By September 2014, the MCC-on-the-Cloud has grown to over 600 cores, spanning across three nodes on the Australian Research Cloud. Its size was only limited because the Research Cloud was full and awaiting a wave of new infrastructure to be put in place. Nevertheless, Monash researchers from Engineering, Science, and FIT have collectively used over 850,000 CPU-core hours. Preferring the “MCC service”, they have offered their NeCTAR allocations to be managed by the MCC team, rather than building a cluster and installing the software stack by themselves. From the researchers’ perspective, this has the twofold benefit of providing a consistent user experience to that of the dedicated MCC and freeing them from the burden of managing cloud instances, software deployment, queue management, etc.

Deploying a usable high-performance/high-throughput computing (HPC/HTC) service on the cloud poses many challenges. Users expect a certain robustness and guaranteed service availability typical of traditional clusters. All this must be achieved despite the fluidity and heterogeneity of the cloud infrastructure and nuances in service offerings across the Research Cloud nodes. For example, one user reported that jobs were cancelled by the scheduler because they exceeded the specified wall time limits, and we subsequently discovered that some MCC “cloud” compute nodes were running on oversubscribed hosts (contrary to NeCTAR architecture guidelines). Nevertheless, we can declare that our efforts have paid off – MCC-on-the-cloud is now operating and delivering the reliable HPC/HTC computing service wrapped in the classic MCC look-and-feel that Monash researchers have come to depend on. Despite the many challenges, we are convinced that this is a good way to drive the federation forward.

Now with R@CMon Phase 2 coming online, we have taken a step closer towards realising this aim of “high-performance” computing on the cloud. Equipped with Intel Ivy Bridge Xeon processors, R@CMon Phase 2 hardware stands out amidst the cloud of commodity hardware on most other NeCTAR nodes. These specialist servers are already proving invaluable for floating-point intensive MPI applications. In production runs of a three-dimensional Spectral-Element method code, we observed performance of nearly double on these Xeons as compared to the AMD Opteron nodes across most of the rest of the cloud, even when hyper-threading is enabled. By pinning the guest vCPUs to a range of hyper-threaded cores on the host, we achieved a further 50% performance improvement; this is effectively over 2.6x improvement to the “commodity” AMD nodes. We look forward to implement this vCPU pinning feature once it is natively supported in OpenStack Juno, the RC’s next version.
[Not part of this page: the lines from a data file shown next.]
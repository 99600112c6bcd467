//! A whole design: its tokens are read back from its tree.

ghost use Rattle.std.specs.Prelude.{◌<◌, length};
ghost use Rattle.sv_tree.specs.Tokens.{AreNamed};

use parse_expr::ParseFault;
use std::alloc::Global;
use sv_lex::lex;
use sv_parse::parse;
use sv_tree::{Names, SourceTree, Token, tokens_of};

// Whether a tree's tokens are these ones.
fn reads_back(alloc: Global, tree: &SourceTree, tokens: &[Token]) -> bool {
    match tokens_of(alloc, tree) {
        Ok(back) => back.as_slice() == tokens,
        Err(_) => false,
    }
}

// What `parse` answers at tokens: whether the tree has them, or the fault.
fn outcome(alloc: Global, tokens: &[Token], names: &Names) -> Result<bool, ParseFault>
    requires named { AreNamed names.now tokens.now }
    requires few { length tokens.now < 4294967295 }
{
    match parse(alloc, tokens, names) {
        Ok(tree) => Ok(reads_back(alloc, &tree, tokens)),
        Err(fault) => Err(fault),
    }
}

// What `parse` answers at the tokens of a text.
fn read(alloc: Global, text: &[u8]) -> Result<bool, ParseFault> {
    if text.len() > 1_000_000 {
        return Err(ParseFault::NoMemory);
    }
    let Ok(mut names) = Names::new(alloc) else {
        return Err(ParseFault::NoMemory);
    };
    let Ok(tokens) = lex(alloc, 0, text, &mut names) else {
        return Err(ParseFault::NoMemory);
    };
    if tokens.len() > 1_000_000 {
        return Err(ParseFault::NoMemory);
    }
    outcome(alloc, tokens.as_slice(), &names)
}

// A design with each kind of item: a queue with its control, and a top that has two of them.
const FIFO: &str = "import \"DPI-C\" pure function int vs_popcount(int x);
module fifo #(parameter W = 8, parameter D = 16) (
  input logic clk, rst_n, push, pop, input logic [W-1:0] din,
  output logic [W-1:0] dout, output logic full, empty);
  localparam A = $clog2(D);
  logic [W-1:0] mem [0:D-1];
  logic [A:0] wp, rp;
  assign empty = wp == rp;
  assign full = (wp[A] != rp[A]) && (wp[A-1:0] == rp[A-1:0]);
  assign dout = mem[rp[A-1:0]];
  always_ff @(posedge clk or negedge rst_n)
    if (!rst_n) begin wp <= 0; rp <= 0; end
    else begin
      if (push && !full) begin mem[wp[A-1:0]] <= din; wp <= wp + 1; end
      if (pop && !empty) rp <= rp + 1;
    end
endmodule
module top(input logic clk, rst_n, push, pop, input logic [7:0] din,
  output logic [7:0] dout, output logic [31:0] ones,
  output logic [7:0] gray, output logic full, empty);
  logic [7:0] mid;
  logic f1, e0, mv;
  assign mv = !e0 && !f1;
  fifo #(.W(8)) u0 (.clk(clk), .rst_n(rst_n), .push(push), .pop(mv), .din(din),
    .dout(mid), .full(full), .empty(e0));
  fifo #(.W(8), .D(16)) u1 (.clk, .rst_n, .push(mv), .pop, .din(mid),
    .dout(dout), .full(f1), .empty(empty));
  assign ones = vs_popcount(dout);
  for (genvar i = 0; i < 7; i++) begin : g
    assign gray[i] = dout[i] ^ dout[i+1];
  end
  assign gray[7] = dout[7];
endmodule
";

#[test]
fn a_design_is_read_back(rt: HostRuntime) {
    assert_eq!(rt; read(rt.alloc(), FIFO.as_bytes()), Ok(true));
    assert_eq!(rt;
        read(rt.alloc(), b"module m ; else"),
        Err(ParseFault::Syntax(3))
    );
}
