//! Types of expressions, and the contexts in which operands are evaluated.

ghost use Rattle.std.specs.Prelude.{◌≡◌, ◌≤◌};
ghost use Rattle.vs_base.specs.Types.{wider as wider_type, assigned_in, in_context as number_in_context};

use crate::bits::Bits;

/// The type of an expression or a variable: its width in bits, and whether it is read with a sign
/// (IEEE 1800-2017 11.6.1 and 11.8.1).
#[derive(Clone, Copy, Debug, PartialEq, Eq)]
pub struct ValueType {
    pub width: u32,
    pub signed: bool,
}

/// The type of an operator that takes both operands in one context, as `+ - * / % & | ^ ~^`: the greater width,
/// and signed where both are (IEEE 1800-2017 11.6.1 and 11.8.1).
pub fn wider(a: ValueType, b: ValueType) -> ValueType
    ensures { result ≡ wider_type a b }
{
    ValueType {
        width: a.width.max(b.width),
        signed: a.signed && b.signed,
    }
}

/// The context of a right side of type `right` that is assigned to `left_width` bits: the greater width, and the
/// right side's sign (IEEE 1800-2017 11.6.1 and 11.8.1).
pub fn assignment_context(right: ValueType, left_width: u32) -> ValueType
    ensures { result ≡ assigned_in right left_width }
{
    ValueType {
        width: right.width.max(left_width),
        signed: right.signed,
    }
}

/// The value of an operand in a context, whose width is from 1 to 128 bits: extended by its sign bit where the
/// context is signed, else by zeros, or cut (IEEE 1800-2017 11.8.2).
pub fn in_context(value: Bits, context: ValueType) -> Bits
    requires some { 1 ≤ context.width }
    requires most { context.width ≤ 128 }
    ensures { result ≡ number_in_context value context }
{
    value.extend(context.width, context.signed)
}
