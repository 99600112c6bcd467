//! How much of a text each reader of expressions, types and statements takes, and where it breaks.

use parse_expr::{
    ParseFault, Source, argument_type, data_type, dimension, expr, lvalue, outside, result_type,
};
use parse_stmt::{item_loop, named_word, stmt, stmt_loop, test};
use std::alloc::Global;
use sv_lex::lex;
use sv_tree::{Names, Symbol};

/// What is read at the front of a text.
#[derive(Clone, Copy)]
enum Front {
    Expr,
    Lvalue,
    Type,
    Result,
    Argument,
    Dimension,
    Stmt,
    Test,
    StmtLoop,
    ItemLoop,
    End,
}

fn read_expr(source: &Source<'_>) -> Result<usize, ParseFault> {
    let mut at = 0;
    let _ = expr(source, &mut at, 0)?;
    Ok(at)
}

fn read_lvalue(source: &Source<'_>) -> Result<usize, ParseFault> {
    let mut at = 0;
    let _ = lvalue(source, &mut at, 0)?;
    Ok(at)
}

fn read_type(source: &Source<'_>) -> Result<usize, ParseFault> {
    let mut at = 0;
    let _ = data_type(source, &mut at, 0)?;
    Ok(at)
}

fn read_result(source: &Source<'_>) -> Result<usize, ParseFault> {
    let mut at = 0;
    result_type(source, &mut at, 0)?;
    Ok(at)
}

fn read_argument(source: &Source<'_>) -> Result<usize, ParseFault> {
    let mut at = 0;
    argument_type(source, &mut at, 0)?;
    Ok(at)
}

fn read_dimension(source: &Source<'_>) -> Result<usize, ParseFault> {
    let mut at = 0;
    let _ = dimension(source, &mut at, 0)?;
    Ok(at)
}

fn read_stmt(source: &Source<'_>) -> Result<usize, ParseFault> {
    let mut at = 0;
    stmt(source, &mut at, 0)?;
    Ok(at)
}

fn read_test(source: &Source<'_>) -> Result<usize, ParseFault> {
    let mut at = 0;
    test(source, &mut at, 0)?;
    Ok(at)
}

fn read_stmt_loop(source: &Source<'_>) -> Result<usize, ParseFault> {
    let mut at = 0;
    stmt_loop(source, &mut at, 0)?;
    Ok(at)
}

fn read_item_loop(source: &Source<'_>) -> Result<usize, ParseFault> {
    let mut at = 0;
    item_loop(source, &mut at, 0)?;
    Ok(at)
}

fn read_end(source: &Source<'_>) -> Result<usize, ParseFault> {
    let mut at = 0;
    named_word(source, &mut at, 0, Symbol::End)?;
    Ok(at)
}

/// The place after what is read at the front of the tokens.
fn read(source: &Source<'_>, front: Front) -> Result<usize, ParseFault> {
    match front {
        Front::Expr => read_expr(source),
        Front::Lvalue => read_lvalue(source),
        Front::Type => read_type(source),
        Front::Result => read_result(source),
        Front::Argument => read_argument(source),
        Front::Dimension => read_dimension(source),
        Front::Stmt => read_stmt(source),
        Front::Test => read_test(source),
        Front::StmtLoop => read_stmt_loop(source),
        Front::ItemLoop => read_item_loop(source),
        Front::End => read_end(source),
    }
}

/// The place after what is read at the front of a text.
fn taken(alloc: Global, text: &str, front: Front) -> Result<usize, ParseFault> {
    if text.len() > 1000 {
        return Err(ParseFault::NoMemory);
    }
    let Ok(mut names) = Names::new(alloc) else {
        return Err(ParseFault::NoMemory);
    };
    let Ok(tokens) = lex(alloc, 0, text.as_bytes(), &mut names) else {
        return Err(ParseFault::NoMemory);
    };
    let source = Source::new(alloc, tokens.as_slice(), &names)?;
    read(&source, front)
}

#[test]
fn each_reader_takes_what_belongs_to_it(rt: HostRuntime) {
    let table = [
        (Front::Expr, "x || y ? {2{a}} : -b[1:0] ;", Ok(18)),
        (Front::Expr, "a[1 +: 2:", Err(ParseFault::Syntax(5))),
        (Front::Lvalue, "{a, {b, c[1]}} = d", Ok(12)),
        (Front::Type, "logic signed [7:0] x", Ok(7)),
        (Front::Result, "void f", Ok(1)),
        (Front::Argument, "void x", Err(ParseFault::Syntax(0))),
        (Front::Dimension, "[0:7] ;", Ok(5)),
        (Front::Stmt, "if (a) if (b) ; else ; else ; else", Ok(13)),
        (Front::Test, "if (a) ;", Ok(4)),
        (
            Front::StmtLoop,
            "for (integer i = 0; i < 2; i += 1) ;",
            Ok(15),
        ),
        (Front::ItemLoop, "for (i = 0; i < 2; --i) ;", Ok(13)),
        (Front::End, "end : a ;", Ok(3)),
    ];
    for (front, text, end) in table {
        assert_eq!(rt; taken(rt.alloc(), text, front), end, "{text}");
    }
}

/// The first token of a text that is outside of the subset.
fn outside_in(alloc: Global, text: &str) -> Result<Option<usize>, ParseFault> {
    if text.len() > 1000 {
        return Err(ParseFault::NoMemory);
    }
    let Ok(mut names) = Names::new(alloc) else {
        return Err(ParseFault::NoMemory);
    };
    let Ok(tokens) = lex(alloc, 0, text.as_bytes(), &mut names) else {
        return Err(ParseFault::NoMemory);
    };
    Ok(outside(tokens.as_slice(), &names))
}

#[test]
fn the_first_token_outside_is_found(rt: HostRuntime) {
    assert_eq!(rt; outside_in(rt.alloc(), "m #(1) u(); a <= b;"), Ok(None));
    assert_eq!(rt; outside_in(rt.alloc(), "a ; # 1 initial"), Ok(Some(2)));
}
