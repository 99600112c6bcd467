/// A place in a source file: the file by its number in the order of the command line, from 0, the line and the
/// column from 1, the column in bytes.
#[derive(Clone, Copy, Debug, PartialEq, Eq)]
pub struct Origin {
    pub file: u32,
    pub line: u32,
    pub col: u32,
}
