//! Tokens of texts, and spellings of numbers.

ghost use Rattle.std.specs.Prelude.{◌<◌, length};

use std::alloc::Global;
use sv_lex::{Defect, LexFault, Piece, check_numbers, front, lex, lex_up_to};
use sv_tree::{NameId, Names, Token, TokenKind};
use vs_base::Origin;

#[test]
fn the_longest_token_is_taken_at_each_place(rt: HostRuntime) -> Result<(), LexFault> {
    let alloc = rt.alloc();
    let Ok(mut names) = Names::new(alloc) else {
        return Err(LexFault::NoMemory);
    };
    let tokens = lex(alloc, 7, b"a<<<b\r\n/**/ 8'hFF//x\n\t-8", &mut names)?;
    let want = [
        (TokenKind::Name, 0, 1, 1),
        (TokenKind::Mark, 1, 1, 2),
        (TokenKind::Name, 2, 1, 5),
        (TokenKind::Decimal, 3, 2, 6),
        (TokenKind::Based, 4, 2, 7),
        (TokenKind::Mark, 5, 3, 2),
        (TokenKind::Decimal, 3, 3, 3),
    ];
    assert_eq!(rt; tokens.len(), want.len());
    for (token, (kind, name, line, col)) in tokens.iter().zip(want) {
        let file = 7;
        let at = Origin { file, line, col };
        let name = NameId(name);
        assert_eq!(rt; *token, Token { kind, name, at });
    }
    Ok(())
}

#[test]
fn tokens_past_the_limit_come_before_a_later_defect(rt: HostRuntime) -> Result<(), LexFault> {
    let alloc = rt.alloc();
    let Ok(mut names) = Names::new(alloc) else {
        return Err(LexFault::NoMemory);
    };
    let three = lex_up_to(alloc, 0, b"; ; ; ", &mut names, 3)?;
    assert_eq!(rt; three.len(), 3);
    let four = lex_up_to(alloc, 0, b";;;\\", &mut names, 2);
    assert!(rt; matches!(four, Err(LexFault::TooMany)));
    Ok(())
}

#[test]
fn the_first_spelling_that_is_no_number_is_told(rt: HostRuntime) -> Result<(), LexFault> {
    let alloc = rt.alloc();
    let Ok(mut names) = Names::new(alloc) else {
        return Err(LexFault::NoMemory);
    };
    let tokens = lex(alloc, 0, b"8'hFF 1 'h_ 'hx", &mut names)?;
    assert!(rt; tokens.len() < 100);
    assert_eq!(rt; check_numbers(&tokens, &names), Err(3));
    Ok(())
}

#[test]
fn a_piece_stands_at_the_front(rt: HostRuntime) {
    let table = [
        (b"".as_slice(), Piece::Wrong(Defect::BadChar)),
        (b" a".as_slice(), Piece::Skipped(1)),
        (b"/* a */ b".as_slice(), Piece::Skipped(7)),
        (b"end end".as_slice(), Piece::Spelled(TokenKind::Word, 3)),
        (b"===".as_slice(), Piece::Spelled(TokenKind::Mark, 3)),
        (b"\"".as_slice(), Piece::Wrong(Defect::OpenString)),
    ];
    for (bytes, want) in table {
        assert!(rt; bytes.len() < 100);
        assert_eq!(rt; front(bytes), want);
    }
}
Measured performance improvement with a production 3D Spectral Element code R@CMon Phase 1: AMD Opteron 6276 @ 2.3 GHz Phase 2: Intel Xeon E5-4620v2 @ 2.6 GHz

Measured performance improvement with a production 3D Spectral Element code
R@CMon Phase 1: AMD Opteron 6276 @ 2.3 GHz
Phase 2: Intel Xeon E5-4620v2 @ 2.6 GHz

Thus, our journey continues… Once RDMA (Remote Direct Memory Access) is enabled on Phase 2, accelerated networking will make it feasible to run large-scale, multi-host MPI workloads. Achieving this will take us even closer to a truly high-performance computing environment on the cloud. Look out for MCC science stories and infrastructure updates soon!

R@CMon Phase 2 is here!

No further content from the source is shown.